Activity: Set down exactly the lines in the records below that run from the line with "write16(b, at +" to the line with "pub fn validate_constant(case: &mut", inclusive, and nothing more.

-- Supplied entries follows --

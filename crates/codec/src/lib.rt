// Numbers and records in bytes, the low byte first, and pairs of seconds and hops as keys.
#![tactic(auto)]

pub mod bytes;
pub mod keys;
pub mod lists;
pub mod records;
pub mod values;
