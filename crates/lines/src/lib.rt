// The listing of an oracle: its text in a lent buffer, and the program that writes it.
#![tactic(auto)]

pub mod lines;
pub mod program;
pub mod rows;
pub mod text;
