// The records of the bodies: nodes, edges, and lists of 16-bit numbers.
ghost use Rattle.std.specs.Prelude.{◌≡◌, ◌+◌, ◌*◌, ◌<◌, ◌≤◌, length};
ghost use Rattle.model.specs.Bytes.{word16, number_size};
ghost use Rattle.model.specs.Network.{coordinate, node, node_size, edge, edge_size};

use crate::bytes::{read16, read32};

// A node: "x and y", each a number of 32 bits.
const COORDINATE_SIZE: usize = 4;

pub const NODE_SIZE: usize = COORDINATE_SIZE + COORDINATE_SIZE;

// An edge: "two 16-bit ends and 32-bit seconds".
const END_SIZE: usize = 2;

pub const SECONDS_SIZE: usize = 4;

const SECONDS_AT: usize = END_SIZE + END_SIZE;

pub const EDGE_SIZE: usize = SECONDS_AT + SECONDS_SIZE;

// A number of a list of them: an edge in body 3, a node in body 5.
pub const NUMBER_SIZE: usize = 2;

// Body 4, which is g.
pub const GRID_SIZE: usize = 2;

// A distance in the lists and in the table: "32-bit seconds" and "16 bits for the roads after the seconds". What marks 'no walk', and the most of the others.
pub const HOPS_SIZE: usize = 2;

pub const VALUE_SIZE: usize = SECONDS_SIZE + HOPS_SIZE;

pub const NO_SECONDS: u32 = 4294967295;

pub const NO_HOPS: u32 = 65535;

pub const HOP_BASE: u64 = 65536;

pub const NO_WALK: u64 = HOP_BASE * NO_SECONDS as u64 + NO_HOPS as u64;

pub const MAX_VALUE: u64 = 409500000;

pub const MAX_HOPS: u64 = 4095;

// Where a list starts, its count, and an entry of it: an index into body 5 and a distance.
pub const START_SIZE: usize = 4;

pub const COUNT_SIZE: usize = 2;

pub const LIST_ENTRY_SIZE: usize = NUMBER_SIZE + VALUE_SIZE;

// The farthest a node may lie from the origin, to either side.
pub const MAX_METRES: u32 = 1000000;

// A coordinate as it stands in the file, with 1,000,000 added.
fn shifted(raw: u32) -> u32
    ensures { result ≡ coordinate raw }
{
    std::num::wrapping_add_u32(raw, MAX_METRES)
}

#[derive(Clone, Copy)]
pub struct Node {
    pub x: u32,
    pub y: u32,
}

impl Node {
    // Node i of a nodes body.
    pub fn read(b: &[u8], i: usize) -> Node
        requires { node_size * i + node_size ≤ length b.now }
        ensures x { result.x ≡ (node b.now i).x }
        ensures y { result.y ≡ (node b.now i).y }
    {
        let at = NODE_SIZE * i;
        Node {
            x: shifted(read32(b, at)),
            y: shifted(read32(b, at + COORDINATE_SIZE)),
        }
    }
}

#[derive(Clone, Copy)]
pub struct Edge {
    pub first: usize,
    pub second: usize,
    pub seconds: u32,
}

impl Edge {
    // Edge i of an edges body.
    pub fn read(b: &[u8], i: usize) -> Edge
        requires { edge_size * i + edge_size ≤ length b.now }
        ensures first { (result.first ≡ (edge b.now i).first) × (result.first < 65536) }
        ensures second { (result.second ≡ (edge b.now i).second) × (result.second < 65536) }
        ensures seconds { result.seconds ≡ (edge b.now i).seconds }
    {
        let at = EDGE_SIZE * i;
        Edge {
            first: read16(b, at) as usize,
            second: read16(b, at + END_SIZE) as usize,
            seconds: read32(b, at + SECONDS_AT),
        }
    }
}

// Number i of a list of 16-bit numbers.
pub fn number(b: &[u8], i: usize) -> usize
    requires { number_size * i + number_size ≤ length b.now }
    ensures { (result ≡ word16 b.now (number_size * i)) × (result < 65536) }
{
    read16(b, NUMBER_SIZE * i) as usize
}
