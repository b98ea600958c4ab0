// Text in a lent buffer. Each function writes at a position, and answers where that ends. No `Display`: a line's text is said as the bytes that it is in the
// buffer, from one position to another.
ghost use Rattle.std.specs.Prelude.{[], ◌∷◌};
ghost use Rattle.model.specs.Listing.{digits, decimal};
ghost use Rattle.emit.specs.Records.{Wrote};
ghost use Rattle.lines.specs.Texts.{Room, field_text};

use emit::copy::put;

pub fn write_byte(x: u8, out: &mut [u8], at: usize) -> usize
    requires { Room out.old at (x ∷ []) }
    ensures { Wrote out.old at (x ∷ []) result out.new }
{
    out[at] = x;
    at + 1
}

pub fn write_text(text: &[u8], out: &mut [u8], at: usize) -> usize
    requires { Room out.old at text.now }
    ensures { Wrote out.old at text.now result out.new }
{
    put(text, out, at)
}

// At most so many digits of n: it calls itself for those before the last.
fn write_digits(places: usize, n: usize, out: &mut [u8], at: usize) -> usize
    requires { Room out.old at (digits places n) }
    ensures { Wrote out.old at (digits places n) result out.new }
{
    if places == 0 {
        return at;
    }
    if n < 10 {
        return write_byte((48 + n) as u8, out, at);
    }
    let end = write_digits(places - 1, n / 10, out, at);
    write_byte((48 + n % 10) as u8, out, end)
}

pub fn write_decimal(n: usize, out: &mut [u8], at: usize) -> usize
    requires { Room out.old at (decimal n) }
    ensures { Wrote out.old at (decimal n) result out.new }
{
    write_digits(10, n, out, at)
}

// A number and a blank.
pub fn write_field(n: usize, out: &mut [u8], at: usize) -> usize
    requires { Room out.old at (field_text n) }
    ensures { Wrote out.old at (field_text n) result out.new }
{
    let end = write_decimal(n, out, at);
    write_byte(b' ', out, end)
}
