// The lines: a pair with its answer, the header, a refusal.
ghost use Rattle.model.specs.Listing.{kind_text, answer_text, header, refused_line};
ghost use Rattle.emit.specs.Records.{Wrote};
ghost use Rattle.lines.specs.Texts.{Room, HoldsText, time_text, none_text, pair_text};

use crate::text::{write_byte, write_decimal, write_field, write_text};
use model::{Answer, Kind};

fn write_kind(kind: Kind, out: &mut [u8], at: usize) -> usize
    requires { Room out.old at (kind_text kind) }
    ensures { Wrote out.old at (kind_text kind) result out.new }
{
    match kind {
        Kind::Far => write_text(b"far", out, at),
        Kind::Local => write_text(b"local", out, at),
    }
}

// A time and the kind.
fn write_time(seconds: u32, kind: Kind, out: &mut [u8], at: usize) -> usize
    requires { Room out.old at (time_text seconds kind) }
    ensures { Wrote out.old at (time_text seconds kind) result out.new }
{
    let end = write_field(seconds as usize, out, at);
    write_kind(kind, out, end)
}

// No time, and the kind.
fn write_none(kind: Kind, out: &mut [u8], at: usize) -> usize
    requires { Room out.old at (none_text kind) }
    ensures { Wrote out.old at (none_text kind) result out.new }
{
    let end = write_text(b"- ", out, at);
    write_kind(kind, out, end)
}

fn write_answer(answer: Answer, out: &mut [u8], at: usize) -> usize
    requires { Room out.old at (answer_text answer) }
    ensures { Wrote out.old at (answer_text answer) result out.new }
{
    match answer {
        Answer::Time {
            seconds,
            hops: _,
            kind,
            pairs: _,
        } => write_time(seconds, kind, out, at),
        Answer::None { kind, pairs: _ } => write_none(kind, out, at),
        Answer::Refused { rule: _ } => at,
    }
}

pub fn write_pair(s: usize, t: usize, answer: Answer, out: &mut [u8], at: usize) -> usize
    requires { Room out.old at (pair_text s t answer) }
    ensures { Wrote out.old at (pair_text s t answer) result out.new }
{
    let first = write_field(s, out, at);
    let second = write_field(t, out, first);
    let end = write_answer(answer, out, second);
    write_byte(b'\n', out, end)
}

// The header of an oracle with n nodes, that many of them transit nodes.
pub fn write_header(n: usize, transit: usize, out: &mut [u8]) -> usize
    requires { Room out.old 0 (header n transit) }
    ensures { HoldsText out.new result (header n transit) }
{
    let places = write_text(b"places ", out, 0);
    let first = write_field(n, out, places);
    let second = write_text(b"transit ", out, first);
    let end = write_decimal(transit, out, second);
    write_byte(b'\n', out, end)
}

pub fn write_refused(rule: u32, out: &mut [u8]) -> usize
    requires { Room out.old 0 (refused_line rule) }
    ensures { HoldsText out.new result (refused_line rule) }
{
    let refused = write_text(b"refused ", out, 0);
    let end = write_decimal(rule as usize, out, refused);
    write_byte(b'\n', out, end)
}
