// A distance in bodies 6 and 7: 32-bit seconds, then 16-bit hops, as a key, of which NO_WALK means 'no walk'. `read_value` reads both bodies; building lays
// them out by emit `value_bytes`, in the bytes that `write_value` writes.
ghost use Rattle.std.specs.Prelude.{◌≡◌, ◌+◌, ◌≤◌, length};
ghost use Rattle.model.specs.Bytes.{splice};
ghost use Rattle.model.specs.Oracle.{value_size, no_walk, value_bytes, decoded, value};

use crate::bytes::{read16, read32, write16, write32};
use crate::keys::{hops_of, key_of};
use crate::records::{HOP_BASE, SECONDS_SIZE};

pub fn read_value(b: &[u8], at: usize) -> u64
    requires { at + value_size ≤ length b.now }
    ensures { (decoded result ≡ value b.now at) × (result ≤ no_walk) }
{
    key_of(read32(b, at), read16(b, at + SECONDS_SIZE))
}

// The low 32 bits of the seconds of x, and its hops.
pub fn write_value(b: &mut [u8], at: usize, x: u64)
    requires { at + value_size ≤ length b.old }
    ensures { b.new ≡ splice at (value_bytes (decoded x)) b.old }
{
    write32(b, at, (x / HOP_BASE % 4294967296) as u32);
    write16(b, at + SECONDS_SIZE, hops_of(x));
}
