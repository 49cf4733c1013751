//! Tables against their videos and recordings.
use crate::case::{Case, Fault};
use crate::lent::Room;
use crate::line::Line;
use crate::tables::Table;
use judge::Video;

// A table against a video.
fn validate(line: &mut Line, table: &Table, video: Video, starts: &[i64]) -> Result<(), Fault> {
    let (sources, words, stamps, log, text) = table.lend();
    line.answer(judge::validate(sources, words, stamps, log, text, video, starts))
}

/// validate_no_video TABLE
pub fn validate_no_video(case: &mut Case<'_>, line: &mut Line) -> Result<(), Fault> {
    let table: Table = case.take()?;
    case.end()?;
    validate(line, &table, Video::Nothing, &[])
}

/// validate_constant TABLE FRAMES NUM DEN
pub fn validate_constant(case: &mut Case<'_>, line: &mut Line) -> Result<(), Fault> {
    let table: Table = case.take()?;
    let frames = case.take()?;
    let numerator = case.take()?;
    let denominator = case.take()?;
    case.end()?;
    validate(
        line,
        &table,
        Video::Constant {
            frames,
            numerator,
            denominator,
        },
        &[],
    )
}

/// validate_times TABLE SCALE STARTS END NOMINAL
pub fn validate_times(case: &mut Case<'_>, line: &mut Line) -> Result<(), Fault> {
    let table: Table = case.take()?;
    let scale = case.take()?;
    let starts: Vec<i64> = case.take()?;
    let end = case.take()?;
    let nominal = case.take()?;
    case.end()?;
    let video = Video::Times {
        scale,
        end,
        nominal,
    };
    validate(line, &table, video, starts.as_slice())
}

/// check_mcraw TABLE TIMESTAMPS ROOM ROOM
pub fn check_mcraw(case: &mut Case<'_>, line: &mut Line) -> Result<(), Fault> {
    let table: Table = case.take()?;
    let timestamps: Vec<i64> = case.take()?;
    let mut first_work: Room<i64> = case.take()?;
    let mut second_work: Room<i64> = case.take()?;
    case.end()?;
    let (sources, words, stamps, log, text) = table.lend();
    let answer = judge::check_mcraw(
        sources,
        words,
        stamps,
        log,
        text,
        timestamps.as_slice(),
        first_work.lend(),
        second_work.lend(),
    );
    line.cleared(&first_work);
    line.cleared(&second_work);
    line.answer(answer)
}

-- Supplied entries concluded --

Written response:
    write16(b, at + SECONDS_SIZE, hops_of(x));
}
repository 49cf4733c1013751
//! Tables against their videos and recordings.
use crate::case::{Case, Fault};
use crate::lent::Room;
use crate::line::Line;
use crate::tables::Table;
use judge::Video;

// A table against a video.
fn validate(line: &mut Line, table: &Table, video: Video, starts: &[i64]) -> Result<(), Fault> {
    let (sources, words, stamps, log, text) = table.lend();
    line.answer(judge::validate(sources, words, stamps, log, text, video, starts))
}

/// validate_no_video TABLE
pub fn validate_no_video(case: &mut Case<'_>, line: &mut Line) -> Result<(), Fault> {
    let table: Table = case.take()?;
    case.end()?;
    validate(line, &table, Video::Nothing, &[])
}

/// validate_constant TABLE FRAMES NUM DEN
pub fn validate_constant(case: &mut Case<'_>, line: &mut Line) -> Result<(), Fault> {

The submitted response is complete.